April 9th, 2008 at 6:00 pm
1[…] The After Mac wrote an interesting post today onHere’s a quick excerpt Michael Arrington over at Techcrunch has an interesting piece about about mobile social networking (”I Saw The Future Of Social Networking The Other Day“). A few years from now we’ll use our mobile devices to help us remember details of people we know, but not well. And it will help us meet new people for dating, business and friendship. Imagine walking into a meeting, classroom, party, bar, subway station, airplane, etc. and seeing profile information about other people in the area, depending […]
MoneyBlog
April 13th, 2008 at 8:28 am
2Great post
Patrick Lord
April 28th, 2008 at 10:11 am
3A great article that really gets to the core issue of mobile location based social networking. Our service, MobiLuck (m.mobiluck.com), puts privacy right at the heart of the service. On the very first page it shows you who is going to see your location, and you can change those settings. Also, your location is not automatically updated on a regular basis. It is only shared when you change your location and click to say . You can choose which locations will never be visible to others, for example your home address, and you can choose to set your location at city or country level only if you wish. You’re right that there are ways that friends of friends might find out your location, although for most intents and purposes once you tell a few friends where you are, you run just the same risk of them telling someone else in real life too.

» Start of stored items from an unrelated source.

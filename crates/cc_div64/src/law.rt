// Laws of the pieces, which the crates above cite: the contract of each function is the law, and it does nothing.
ghost use Rattle.std.specs.Prelude.{◌≡◌, ◌≤◌, ◌+◌, ◌++◌, ◌∷◌, [], ℕ, suc, ℤ, List, Some, true, length};
ghost use Rattle.mc_nbt.specs.Word.{is_long};
ghost use Rattle.mc_nbt.specs.declared.value.Kind.TheVariants as kinds;
ghost use Rattle.mc_nbt.specs.declared.value.Value.TheVariants as values;
ghost use Rattle.wm_ast.specs.Apply.{apply};
ghost use Rattle.wm_ast.specs.Operator.{divides, operator_of};
ghost use Rattle.wm_ast.specs.declared.answer.Answer.{Answer};
ghost use Rattle.wm_ast.specs.declared.operation.NumOp.{NumOp};
ghost use Rattle.wm_ast.specs.declared.operator.BinaryOp.{BinaryOp};
ghost use Rattle.wm_ast.specs.declared.operator.Operator.TheVariants.{Binary};
ghost use Rattle.cc_line.specs.Fit.{place_fits};
ghost use Rattle.cc_line.specs.Item.{items_fit, items_most};
ghost use Rattle.cc_line.specs.Key.{is_work};
ghost use Rattle.cc_line.specs.Routine.{AreAt, Gives, value_ints};
ghost use Rattle.cc_text.specs.Short.{items_short};
ghost use Rattle.cc_line.specs.State.{State};
ghost use Rattle.cc_div64.specs.Division.{begin_items, begin_most, end_items, end_most, turns_items};
ghost use Rattle.cc_div64.specs.Law.{Begins, Divides, Dividing};

/// Law: from operands in the places from one on, whatever else stands, the beginning records the trap that the
/// operation answers, and ends; or where it answers a value, it leads to a division in pieces with this answer, and
/// leaves all places as they were.
pub fn divisions_begin()
    ensures { (op : NumOp) → (d : BinaryOp) → operator_of op ≡ Binary kinds.I64 d → divides d ≡ true → (a : ℕ)
        → (s : State) → (x : ℤ) → (y : ℤ) → (o : Answer) → is_long x ≡ true → is_long y ≡ true
        → AreAt s a (value_ints (values.I64 x) ++ value_ints (values.I64 y))
        → apply op (values.I64 x ∷ (values.I64 y ∷ [])) ≡ Some o → Begins d a s o }
{}

/// Law: where turns are to be run so many times more, a run of them leads to where they are to be run once less, and
/// leaves all places as they were.
pub fn divisions_go_on()
    ensures { (d : BinaryOp) → (z : ℤ) → (left : ℕ) → (s : State) → Dividing d z (suc left) s
        → Divides turns_items s d z left }
{}

/// Law: where no turns are left, the end puts the answer into the places from one on.
pub fn divisions_end()
    ensures { (d : BinaryOp) → divides d ≡ true → (z : ℤ) → (a : ℕ) → (s : State) → a + 2 ≤ length s.places
        → Dividing d z 0 s → Gives (end_items d a) s a (value_ints (values.I64 z)) }
{}

/// Law: a division in pieces stands in scratch scores of routines alone: where these are the same, it is.
pub fn divisions_stay()
    ensures { (d : BinaryOp) → (z : ℤ) → (left : ℕ) → (s : State) → (t : State)
        → ((h : List ℕ) → is_work h ≡ true → t.scores h ≡ s.scores h) → Dividing d z left s → Dividing d z left t }
{}

/// Law: on places below 2^31 the items are lines under every namespace.
pub fn divisions_fit()
    ensures begin { (d : BinaryOp) → (a : ℕ) → place_fits (a + 3) ≡ true → items_fit (begin_items d a) ≡ true }
    ensures turns { items_fit turns_items ≡ true }
    ensures ends { (d : BinaryOp) → (a : ℕ) → place_fits (a + 1) ≡ true → items_fit (end_items d a) ≡ true }
{}

/// Law: a beginning and an end weigh at most what the tables say, none more than 87 and 13, and eight turns at most 233.
pub fn divisions_weigh_at_most()
    ensures begin { (d : BinaryOp) → (a : ℕ) → items_most (begin_items d a) ≤ 87 }
    ensures each_begin { (d : BinaryOp) → (a : ℕ) → items_most (begin_items d a) ≤ begin_most d }
    ensures turns { items_most turns_items ≤ 233 }
    ensures ends { (d : BinaryOp) → (a : ℕ) → items_most (end_items d a) ≤ 13 }
    ensures each_end { (d : BinaryOp) → (a : ℕ) → items_most (end_items d a) ≤ end_most d }
{}

/// Law: the items are short on any places: under every namespace files of them can be kept.
pub fn items_are_short()
    ensures begin { (d : BinaryOp) → (a : ℕ) → items_short (begin_items d a) ≡ true }
    ensures turns { items_short turns_items ≡ true }
    ensures ends { (d : BinaryOp) → (a : ℕ) → items_short (end_items d a) ≡ true }
{}
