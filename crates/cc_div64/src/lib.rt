//! The division of i64 in pieces.
#![tactic(auto)]

mod beginning;
mod ending;
mod helper_law;
mod law;
mod line;
mod small;
mod turn;

pub use beginning::begin;
pub use ending::end;
pub use helper_law::helpers_are_named;
pub use law::{
    divisions_begin, divisions_end, divisions_fit, divisions_go_on, divisions_stay,
    divisions_weigh_at_most, items_are_short,
};
pub use turn::turns;
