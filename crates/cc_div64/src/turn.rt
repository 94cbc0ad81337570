// Eight turns, each of which finds one bit of the quotient.
ghost use Rattle.std.specs.Prelude.{◌≡◌, IfOk};
ghost use Rattle.cc_line.specs.BlockView.{block_items};
ghost use Rattle.cc_line.specs.Item.{call_item};
ghost use Rattle.cc_line.specs.View.{item_view, items_view, steps_view};
ghost use Rattle.cc_div64.specs.Division as spec;
ghost use Rattle.std.specs.Prelude.{codes};

use crate::line::{
    CHOICE, DIVIDEND_HIGH, DIVIDEND_LOW, DIVISOR_HIGH, DIVISOR_LOW, LEAST, LEFT, ORDER_HIGH,
    ORDER_LOW, REMAINDER_HIGH, REMAINDER_LOW, combine, compare, helper, is_number, less, more,
    negative, set, set_act,
};
use cc_line::{Block, Conds, Item, Scratch, Spot, Step, push_item, push_steps};
use mc_cmd::{Cmp, Op};
use mc_nbt::Memory;
use std::alloc::Global;

const BELOW: Spot = Spot::Scratch(Scratch::X);

const ABOVE: Spot = Spot::Scratch(Scratch::Y);

/// The items of eight turns, which are run again until none is left.
///
/// # Errors
///
/// `Memory` where there is no room for them.
#[tactic(auto, using(crate::proofs::TurnCode::call_pushed,))]
pub fn turns(alloc: Global) -> Result<Block, Memory>
    ensures { IfOk result (λ b. block_items b ≡ spec.turns_items) }
{
    let mut items = Vec::new(alloc);
    for run in 0..8_u32 {
        push_item(turn_call(alloc)?, &mut items)?;
    }
    push_steps(&[Step::Run(less(LEFT))], &mut items)?;
    Block::of(items)
}

fn turn_call(alloc: Global) -> Result<Item, Memory>
    ensures { IfOk result (λ x. item_view x ≡ call_item (codes "h_cc_div_turn") spec.turn) }
{
    Ok(Item::call("h_cc_div_turn", turn(alloc)?))
}

fn turn(alloc: Global) -> Result<Vec<Item>, Memory>
    ensures { IfOk result (λ v. items_view v.items ≡ spec.turn) }
{
    let mut items = helper(alloc, &double())?;
    let taken = helper(alloc, &take())?;
    push_item(
        Item::call_when(Conds::One(is_number(CHOICE, 1)), "h_cc_div_take", taken),
        &mut items,
    )?;
    Ok(items)
}

// The remainder and the dividend doubled as one number, and whether the divisor is in the remainder then.
fn double() -> [Step; 15]
    ensures { steps_view result ≡ spec.double }
{
    let chosen = set_act(CHOICE, 1);
    [
        set(CHOICE, 0),
        Step::When(Conds::One(negative(REMAINDER_HIGH)), chosen),
        combine(REMAINDER_HIGH, Op::Add, REMAINDER_HIGH),
        Step::When(Conds::One(negative(REMAINDER_LOW)), more(REMAINDER_HIGH)),
        combine(REMAINDER_LOW, Op::Add, REMAINDER_LOW),
        Step::When(Conds::One(negative(DIVIDEND_HIGH)), more(REMAINDER_LOW)),
        combine(DIVIDEND_HIGH, Op::Add, DIVIDEND_HIGH),
        Step::When(Conds::One(negative(DIVIDEND_LOW)), more(DIVIDEND_HIGH)),
        combine(DIVIDEND_LOW, Op::Add, DIVIDEND_LOW),
        combine(BELOW, Op::Assign, REMAINDER_LOW),
        combine(BELOW, Op::Add, LEAST),
        combine(ABOVE, Op::Assign, REMAINDER_HIGH),
        combine(ABOVE, Op::Add, LEAST),
        Step::When(Conds::One(compare(ABOVE, Cmp::Greater, ORDER_HIGH)), chosen),
        Step::When(
            Conds::Two(
                compare(ABOVE, Cmp::Equal, ORDER_HIGH),
                compare(BELOW, Cmp::GreaterEqual, ORDER_LOW),
            ),
            chosen,
        ),
    ]
}

// The divisor taken from the remainder, and the quotient's bit set.
fn take() -> [Step; 4]
    ensures { steps_view result ≡ spec.take_steps }
{
    [
        Step::When(
            Conds::One(compare(BELOW, Cmp::Less, ORDER_LOW)),
            less(REMAINDER_HIGH),
        ),
        combine(REMAINDER_LOW, Op::Subtract, DIVISOR_LOW),
        combine(REMAINDER_HIGH, Op::Subtract, DIVISOR_HIGH),
        Step::Run(more(DIVIDEND_LOW)),
    ]
}
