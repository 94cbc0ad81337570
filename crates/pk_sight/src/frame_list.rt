// The list of a frame's tree.
ghost use Rattle.std.specs.Prelude.{◌≡◌, ◌∷◌, [], List, ℤ, IfOk, MatchOption};
ghost use Rattle.mc_nbt.specs.Tree.{fields};
ghost use Rattle.mc_nbt.specs.View.{map_view, view};
ghost use Rattle.cc_line.specs.Key.{key_list};
ghost use Rattle.cc_line.specs.State.{frame_tree, ints};

use crate::ints::ints_in;
use cc_line::Key;
use mc_nbt::{Memory, Nbt, NbtMap};
use std::alloc::Global;

/// The places in the list of a frame's tree; `None` exactly where the tree is none of a frame.
pub(crate) fn listed_places(alloc: Global, frame: &Nbt) -> Result<Option<Vec<i32>>, Memory>
    ensures { IfOk result (λ o. MatchOption o ((zs : List ℤ) → view frame.now ≡ frame_tree zs → ⊥) (λ zs. view frame.now ≡ frame_tree zs.items)) }
{
    match frame {
        Nbt::Compound(map) => list_alone(alloc, map),
        Nbt::Int(_) | Nbt::Str(_) | Nbt::List(_) => Ok(None),
    }
}

// The ints of a list that stands under its key alone.
fn list_alone(alloc: Global, map: &NbtMap) -> Result<Option<Vec<i32>>, Memory>
    ensures { IfOk result (λ o. MatchOption o
        ((zs : List ℤ) → map_view map.now ≡ fields ((key_list, ints zs) ∷ []) → ⊥)
        (λ zs. map_view map.now ≡ fields ((key_list, ints zs.items) ∷ []))) }
{
    match map.entries() {
        [] => Ok(None),
        [(name, list)] => {
            if name.as_str() == Key::List.text() {
                ints_in(alloc, list)
            } else {
                Ok(None)
            }
        }
        [_, _, ..] => Ok(None),
    }
}
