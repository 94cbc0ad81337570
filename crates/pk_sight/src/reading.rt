// Scores and keys.
ghost use Rattle.std.specs.Prelude.{◌≡◌, ◌∷◌, [], IfOk, false, option_map};
ghost use Rattle.mc_nbt.specs.Tree as trees;
ghost use Rattle.mc_nbt.specs.View.{view};
ghost use Rattle.mc_cmd.specs.World.{tree_in};
ghost use Rattle.mc_world.specs.WorldView.{seen};
ghost use Rattle.cc_line.specs.Sight.{store_id};
ghost use Rattle.cc_line.specs.State.{State, is_frame};
ghost use Rattle.cc_line.specs.View.{key_text, scratch_text, store_view};
ghost use Rattle.pk_sight.specs.Shown.{IsStateOf};

use crate::PackNames;
use cc_line::{Key, Scratch, Store};
use mc_nbt::{Memory, Nbt, Text};
use mc_world::World;
use std::alloc::Global;

/// The score of a holder that is no place, if it is set: that of the world, and of each state that the world shows.
///
/// # Errors
///
/// `Memory` where there is no room for the holder's name.
pub fn score(
    alloc: Global,
    world: &World,
    names: &PackNames,
    which: Scratch,
) -> Result<Option<i32>, Memory>
    ensures of_world { IfOk result (λ o. o ≡ (seen world.now).scores (scratch_text which) names.now.ns) }
    ensures of_states { IfOk result (λ o. (p : State) → IsStateOf names.now.ns (seen world.now) p
        → o ≡ p.scores (scratch_text which)) }
{
    let holder = Text::new(alloc, which.holder())?;
    Ok(world.score(&holder, &names.ns))
}

/// What stands under a key of a storage of the pack, if anything does: in the world, and, but for the frame's key, in
/// each state that the world shows.
///
/// # Errors
///
/// `Memory` where there is no room for the key's text.
pub fn tree<'a>(
    alloc: Global,
    world: &'a World,
    names: &PackNames,
    store: Store,
    key: Key,
) -> Result<Option<&'a Nbt>, Memory>
    ensures of_world { IfOk result (λ o. option_map (λ t. view t.now) o
        ≡ trees.select (tree_in (seen world.now) (store_id names.now.ns (store_view store))) (trees.key (key_text key) ∷ [])) }
    ensures of_states { IfOk result (λ o. (p : State) → IsStateOf names.now.ns (seen world.now) p
        → is_frame (store_view store) (key_text key) ≡ false
        → option_map (λ t. view t.now) o ≡ p.keys (store_view store) (key_text key)) }
{
    let name = Text::new(alloc, key.text())?;
    Ok(kept_under(world, names.storage(store), &name))
}

// What stands under a key of a storage. One that no command made has no key.
fn kept_under<'a>(world: &'a World, id: &Text, name: &Text) -> Option<&'a Nbt>
    ensures { option_map (λ t. view t.now) result ≡ trees.child (tree_in (seen world.now) id.now) (trees.key name.now) }
{
    match world.storage(id) {
        Some(tree) => field(tree, name),
        None => None,
    }
}

fn field<'a>(tree: &'a Nbt, name: &Text) -> Option<&'a Nbt>
    ensures { option_map (λ t. view t.now) result ≡ trees.child (view tree.now) (trees.key name.now) }
{
    match tree {
        Nbt::Compound(fields) => fields.get(name),
        Nbt::Int(_) | Nbt::Str(_) | Nbt::List(_) => None,
    }
}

The fear comes from unauthorised persons discovering your location without your consent, and as long as 1) you’re in control of who you tell, 2) the technology is secure and 3) you trust your friends as much as you always did, we don’t think that this should pose a great problem. We have found that there are users who choose not to use the location based features, or limit it to city-level location. Some users however, localise themselves at places regularly and happily share it with everyone. It’s a social experiment, and we’ll see over time how people really settle into using it. Meantime, we’re keeping focused on ways to tweak the service to make it more usable and even simpler to manage privacy.